CHIEVO VAR-ONA SHOW

La partita tra Chievo e Atalanta finisce in un pareggio scandito dalla Var. Bell'esordio con gol per il ventenne Bastien.

Quest’oggi al Marc’Antonio Bentegodi c’erano in campo il Chievo, l’Atalanta e la VAR, acronimo di Video Assistant Referee (Arbitro assistente video). E proprio quest’ultima è stata la grande protagonista nel bene e nel male nello scontro tra veronesi e bergamaschi, intervenendo per ben tre volte in maniera decisiva: la prima volta al minuto 5, quando l’arbitro indicava il dischetto del penalty per un fallo clivense in area di rigore. Palla pronta per essere battuta, quando l’arbitro ne arrestava l’esecuzione tra la curiosità dei tifosi.

Suspense, adrenalina in aumento e silenzio polare sugli spalti ed in campo, quindi l’arbitro, il signor Mariani da Aprilia, gestualizzando l’immagine del video, faceva rimettere la palla dal fondo, annullando così la massima punizione.

Al minuto 29 il secondo episodio, quando un diagonale atalantino finiva nel sacco alle spalle di Sorrentino. Giubilo dei nerazzurri e palla a centrocampo per riiniziare a giocare. Ma ancora una volta l’arbitro riceveva una chiamata annullando il goal per un fuorigioco.

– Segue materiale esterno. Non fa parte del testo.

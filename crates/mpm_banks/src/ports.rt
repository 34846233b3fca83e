ghost use Rattle.std.specs.Prelude.{◌≡◌};
ghost use Rattle.mpm_banks.specs.Ports.{port_byte, port_read};

use mpm_base::Devices;

/// Reads a port: the last byte of its device, which is no longer ready then. A port without a device reads FFh.
#[tactic(auto, unfolding(crate::specs::Ports::port_byte, crate::specs::Ports::port_read))]
pub(crate) fn read_port(devices: &mut Devices, port: u8) -> u8
    ensures byte { result ≡ port_byte devices.old port }
    ensures devices { devices.new ≡ port_read devices.old port }
{
    match port {
        0x80..=0x8F => {
            let device = usize::from(port - 0x80);
            devices.ready[device] = false;
            devices.last[device]
        }
        _ => 0xFF,
    }
}
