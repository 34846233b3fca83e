/// The first address of common memory.
pub(crate) const COMMON_BASE: u16 = 0xC000;

/// What an address reaches into.
#[derive(Clone, Copy)]
pub(crate) enum Space {
    Common,
    /// The segment of this number.
    InSegment(u8),
}

/// A range of bytes of one space, by their indexes.
#[derive(Clone, Copy)]
pub(crate) struct Range {
    pub space: Space,
    pub from: usize,
    pub to: usize,
}
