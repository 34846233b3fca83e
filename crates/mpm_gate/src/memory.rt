ghost use Rattle.std.specs.Prelude.{◌≡◌, ◌<◌, ◌↔◌, length, IsSome, IfSome};
ghost use Rattle.mpm_banks.specs.Memory.{byte_at};
ghost use Rattle.mpm_banks.specs.Ranges.{range_of};
ghost use Rattle.mpm_gate.specs.Bytes.{bytes_from};

use mpm_banks::Banks;
use mpm_base::Seg;

/// So many bytes (at least one) from an address on, where they lie in one range of memory.
pub(crate) fn range_at(banks: &Banks, seg: Seg, address: u16, count: u16) -> Option<&[u8]>
    requires { 0 < count }
    ensures exactly { IsSome result ↔ IsSome (range_of banks.now seg address count) }
    ensures bytes { IfSome result (λ bytes. bytes.now ≡ bytes_from (byte_at banks.now seg) address count) }
    ensures size { IfSome result (λ bytes. length bytes.now ≡ count) }
{
    banks.view(seg, address, count)
}
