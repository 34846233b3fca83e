ghost use Rattle.std.specs.Prelude.{◌≡◌, ◌+◌, ◌-◌};
ghost use Rattle.mpm_banks.specs.Allocations.{FitsBelowCommon};

use mpm_base::SegmentSpec;

/// The place in a segment's last page of the gate that ends the process.
pub const END_GATE: u8 = 0x03;

/// The place of the gate that calls the kernel.
pub const CALL_GATE: u8 = 0x06;

/// The place of the gate that ends a resident procedure.
pub const RETURN_GATE: u8 = 0x09;

/// The last page of a segment that lies there, in which its gates are.
pub fn last_page(spec: SegmentSpec) -> u8
    requires { FitsBelowCommon spec }
    ensures { result ≡ spec.base + spec.pages - 1 }
{
    spec.base + spec.pages - 1
}
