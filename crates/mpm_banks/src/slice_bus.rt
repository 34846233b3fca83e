ghost use Rattle.std.specs.Prelude.{◌≡◌, ◌+◌, ◌-◌, ◌*◌, ◌&&◌, min, nat_le, nat_lt, length, Some, None, unwrap_or, if◌then◌else◌};

use crate::ports::read_port;
use crate::range::COMMON_BASE;
use mpm_base::{Devices, SegmentSpec};
use z80_regs::Bus;

/// Memory and devices as a process reaches them: the bytes of its segment, which lies there, and those of common memory.
#[derive(Drop)]
pub struct SliceBus<'a, 'b, 'c> {
    /// Where the segment lies.
    pub spec: SegmentSpec,
    /// The segment's bytes, from its base page on.
    pub segment: &'a mut [u8],
    /// The bytes of common memory, from C000h on.
    pub common: &'b mut [u8],
    /// The polled devices.
    pub devices: &'c mut Devices,
}

impl Bus for SliceBus<'_, '_, '_> {
    ghost use Rattle.mpm_banks.specs.Memory.{byte_at, IsWritable};
    ghost use Rattle.mpm_banks.specs.Ports.{port_byte};
    ghost use Rattle.mpm_banks.specs.SliceBus.{reached, WroteSlice, TookSliceInput};
    ghost use Rattle.mpm_banks.specs.SliceLaws.{reads_back_law, write_keeps_bytes_law, write_keeps_ports_law, write_keeps_writable_law, input_keeps_bytes_law, input_keeps_writable_law};

    ghost byte = { λ bus. byte_at (reached bus) 0 };

    ghost port_byte = { λ bus. port_byte bus.devices.now };

    ghost writable = { λ bus. IsWritable (reached bus) 0 };

    ghost wrote = { WroteSlice };

    ghost took = { TookSliceInput };

    ghost reads_back = { reads_back_law };

    ghost write_keeps_bytes = { write_keeps_bytes_law };

    ghost write_keeps_ports = { write_keeps_ports_law };

    ghost write_keeps_writable = { write_keeps_writable_law };

    ghost input_keeps_bytes = { input_keeps_bytes_law };

    ghost input_keeps_writable = { input_keeps_writable_law };

    #[inline(always)]
    #[tactic(auto, unfolding(crate::specs::Memory::place_of, crate::specs::Memory::byte_at))]
    fn read(&self, address: u16) -> u8 {
        match self.index(address) {
            Some(index) => self.segment[index],
            None => self.byte_outside(address),
        }
    }

    #[inline(always)]
    #[tactic(auto, unfolding(crate::specs::Memory::place_of, crate::specs::Memory::with_byte))]
    fn write(&mut self, address: u16, value: u8) {
        match self.index(address) {
            Some(index) => self.segment[index] = value,
            None => self.put_outside(address, value),
        }
    }

    fn input(&mut self, port: u8) -> u8 {
        read_port(self.devices, port)
    }

    fn output(&mut self, _port: u8, _value: u8) {}
}

impl SliceBus<'_, '_, '_> {
    ghost use Rattle.mpm_banks.specs.SliceBus.{SameSlices};
    ghost use Rattle.mpm_banks.specs.Stretches.{byte_among, put_among};

    /// Which byte of the segment an address names. How many it has below common memory doesn't depend on the address.
    #[inline(always)]
    fn index(&self, address: u16) -> Option<usize>
        ensures { result ≡ if nat_le (256 * self.now.spec.base) address && nat_lt address (min (256 * self.now.spec.base + length self.now.segment.now) 49152) then Some (address - 256 * self.now.spec.base) else None }
    {
        let first = 256 * usize::from(self.spec.base);
        let size = usize::from(COMMON_BASE)
            .saturating_sub(first)
            .min(self.segment.len());
        let index = usize::from(address).wrapping_sub(first);
        if index < size {
            return Some(index);
        }
        None
    }

    /// The byte that an address outside the segment reads.
    #[inline(always)]
    fn byte_outside(&self, address: u16) -> u8
        ensures { result ≡ unwrap_or (byte_among 49152 self.now.common.now address) 255 }
    {
        if address < COMMON_BASE {
            return 0xFF;
        }
        match self.common.get(usize::from(address - COMMON_BASE)) {
            Some(byte) => *byte,
            None => 0xFF,
        }
    }

    /// Writes the byte that an address outside the segment names.
    #[inline(always)]
    fn put_outside(&mut self, address: u16, value: u8)
        ensures sides { SameSlices self.old self.new }
        ensures segment { self.new.segment.now ≡ self.old.segment.now }
        ensures common { self.new.common.now ≡ put_among 49152 self.old.common.now address value }
        ensures devices { self.new.devices.now ≡ self.old.devices.now }
    {
        if address < COMMON_BASE {
            return;
        }
        let index = usize::from(address - COMMON_BASE);
        if index < self.common.len() {
            self.common[index] = value;
        }
    }
}
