/// The first line that isn't so of a function that writes two records, where the last call answers this. R is read-only by T1', and G
/// is opened in read-only mode, by F6'.
fn wrong_of_writing(alloc: Global, function: u8, last: u16) -> Result<Option<usize>, Fail> {
    let lines = [
        By(8),
        Drive(0),
        Asks(WRITE_PROTECT_DISK, 0),
        By(1),
        Records(2),
        File(3, b'A'),
        Byte(12, 31),
        Byte(14, 63),
        Byte(32, 127),
        Random(0x3FFFF),
        Refused(function, 4, 2),
        File(0, b'A'),
        Byte(12, 31),
        Byte(14, 63),
        Byte(32, 127),
        Random(0x3FFFF),
        Asks(function, 10),
        Asks(OPEN_FILE, 0xFF),
        Byte(12, 0),
        Asks(OPEN_FILE, 0),
        Byte(12, 31),
        Byte(14, 63),
        Byte(32, 127),
        Random(0x3FFFF),
        Asks(function, 6),
        Byte(12, 0),
        Byte(14, 0),
        Byte(32, 0),
        Random(0),
        Refused(function, 2, 0),
        Block(1),
        File(0, b'R'),
        Asks(OPEN_FILE, 0),
        Refused(function, 2, 0),
        Word(1),
        By(8),
        Asks(RESET_DRIVE, 0xFF),
        By(1),
        Asks(RESET_DRIVE, 0),
        Records(2),
        Refused(function, 3, 0),
        Block(2),
        File(0, b'G'),
        Attribute(6),
        Sends(b"SECRET  "),
        Asks(OPEN_FILE, 0),
        Refused(function, 3, 0),
        Block(0),
        Asks(function, last),
    ];
    wrong_of(alloc, &lines)
}

/// Function 41 finds no record of A that it could replace.
#[test]
fn records_are_written_or_refused_in_order(rt: HostRuntime) -> Result<(), Fail> {
    let rows = [
        (WRITE_SEQUENTIAL, 0),
        (WRITE_RANDOM, 0),
        (WRITE_RANDOM_WITH_ZERO_FILL, 0),
        (TEST_AND_WRITE_RECORD, 1),
    ];
    for (function, last) in rows {
        let wrong = wrong_of_writing(rt.alloc(), function, last)?;
        assert_eq!(rt; wrong, None, "function {function}");
    }
    Ok(())
}

/// Where no record is, function 20 answers 1, also where the records go beyond the last that a file can have.
#[test]
fn records_are_read_in_order(rt: HostRuntime) -> Result<(), Fail> {
    let lines = [
        File(3, b'A'),
        Refused(READ_SEQUENTIAL, 4, 2),
        File(0, b'A'),
        Byte(12, 31),
        Byte(14, 63),
        Byte(32, 127),
        Random(0x3FFFF),
        Asks(READ_SEQUENTIAL, 10),
        By(2),
        Block(1),
        File(0, b'A'),
        Asks(OPEN_FILE, 0),
        By(1),
        Block(0),
        File(0, b'A'),
        Byte(16, 1),
        Asks(READ_SEQUENTIAL, 10),
        By(2),
        Block(1),
        Asks(CLOSE_FILE, 0),
        By(1),
        Block(0),
        File(0, b'A'),
        Asks(OPEN_FILE, 0),
        Byte(16, 2),
        Asks(READ_SEQUENTIAL, 10),
        Byte(16, 1),
        Records(2),
        Byte(12, 31),
        Byte(14, 63),
        Byte(32, 127),
        Random(0x3FFFF),
        Asks(READ_SEQUENTIAL, 1),
    ];
    let wrong = wrong_of(rt.alloc(), &lines)?;
    assert_eq!(rt; wrong, None);
    Ok(())
}
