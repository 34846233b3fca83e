use crate::banks::Banks;
use crate::ports::read_port;
use mpm_base::{Devices, Seg};
use z80_regs::Bus;

/// Memory and devices as the process of a segment reaches them.
#[derive(Drop)]
pub struct BankBus<'a, 'b> {
    /// All memory.
    pub banks: &'a mut Banks,
    /// The process's segment. Where it doesn't exist, addresses name common memory alone.
    pub seg: Seg,
    /// The polled devices.
    pub devices: &'b mut Devices,
}

impl Bus for BankBus<'_, '_> {
    ghost use Rattle.mpm_banks.specs.Memory.{byte_at, IsWritable};
    ghost use Rattle.mpm_banks.specs.Ports.{port_byte};
    ghost use Rattle.mpm_banks.specs.Bus.{WroteBank, TookInput};
    ghost use Rattle.mpm_banks.specs.BusLaws.{reads_back_law, write_keeps_bytes_law, write_keeps_ports_law, write_keeps_writable_law, input_keeps_bytes_law, input_keeps_writable_law};

    ghost byte = { λ bus. byte_at bus.banks.now bus.seg };

    ghost port_byte = { λ bus. port_byte bus.devices.now };

    ghost writable = { λ bus. IsWritable bus.banks.now bus.seg };

    ghost wrote = { WroteBank };

    ghost took = { TookInput };

    ghost reads_back = { reads_back_law };

    ghost write_keeps_bytes = { write_keeps_bytes_law };

    ghost write_keeps_ports = { write_keeps_ports_law };

    ghost write_keeps_writable = { write_keeps_writable_law };

    ghost input_keeps_bytes = { input_keeps_bytes_law };

    ghost input_keeps_writable = { input_keeps_writable_law };

    #[inline(always)]
    fn read(&self, address: u16) -> u8 {
        self.banks.byte(self.seg, address)
    }

    #[inline(always)]
    fn write(&mut self, address: u16, value: u8) {
        self.banks.put(self.seg, address, value);
    }

    fn input(&mut self, port: u8) -> u8 {
        read_port(self.devices, port)
    }

    fn output(&mut self, _port: u8, _value: u8) {}
}
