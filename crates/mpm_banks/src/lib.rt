//! Banked memory: segments, of which each process has one, and common memory, which all of them share.
#![tactic(auto)]

mod banks;
mod burst;
mod bus;
mod bytes;
mod first_page;
mod gates;
mod ports;
mod range;
mod segment;
mod slice_bus;
mod window;

pub use banks::Banks;
pub use burst::Burst;
pub use bus::BankBus;
pub use gates::{CALL_GATE, END_GATE, RETURN_GATE, last_page};
pub use slice_bus::SliceBus;
pub use window::Window;

/// No memory was found: the allocator's own error.
pub use std::alloc::AllocError as OutOfMemory;
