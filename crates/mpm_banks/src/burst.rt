ghost use Rattle.std.specs.Prelude.{ℕ};
ghost use Rattle.z80_regs.specs.declared.regs.Regs.{Regs};
ghost use Rattle.mpm_base.specs.declared.devices.Devices.{Devices};
ghost use Rattle.mpm_banks.specs.Memory.{Memory};
ghost use Rattle.mpm_banks.specs.Allocations.{FitsBelowCommon};
ghost use Rattle.mpm_banks.specs.Sides.{alone};

use mpm_base::{Devices, SegmentSpec};
use z80_regs::Regs;

/// What a process does before others come: it reaches its segment, as if that were the only one, and common memory.
pub trait Burst {
    /// What so many steps leave of registers, memory and devices.
    ghost ran: { Self → Regs → Memory → Devices → ℕ → Regs → Memory → Devices → Type 0 };

    /// Does it, and answers how many steps were done.
    fn run(
        &self,
        spec: SegmentSpec,
        regs: &mut Regs,
        segment: &mut [u8],
        common: &mut [u8],
        devices: &mut Devices,
    ) -> u64
        requires { FitsBelowCommon spec }
        ensures { ran self.now regs.old (alone spec segment.old common.old) devices.old result regs.new (alone spec segment.new common.new) devices.new };
}
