//! Tests of calls on files and drives, as scenes of mpm_file_scenes: what each function answers, what refuses it, and what processes
//! leave to one another. They stand above the crate that plays them, so that it isn't proved once more for its tests.
#![tactic(auto)]

#[cfg(test)]
mod records;
#[cfg(test)]
mod refusals;
#[cfg(test)]
mod sharing;
#[cfg(test)]
mod turns;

Poi al minuto 83, dopo un’azione atalantina nell’area avversaria, nel capovolgimento di fronte che ne seguiva, con i padroni di casa ormai nei pressi del centrocampo, l’arbitro fermava all’improvviso il gioco ordinando un rigore per i nerazzurri, rimettendo le cose in parità.

Il Chievo era passato in vantaggio con bel goal del ventenne Bastien, al suo esordio quest’anno.

Risultato giusto per una partita che ha mostrato il bel gioco di due formazioni in buona salute.

Per gli amanti del calcio, almeno per quelli datati, la Var è ingombrante e snatura il gioco. Certo di fronte ai monumentali interessi è giusto che ci sia. Però questo non è più calcio con le sviste arbitrali, con le proteste dei giocatori. Oggi, nei tre casi, alcun giocatore ha protestato, e nemmeno il pubblico più che mai sorpreso. Che tristezza!

 

Massimo Rosa

direttore@panathlonarea1.it

 

(foto: Udali/Chievo)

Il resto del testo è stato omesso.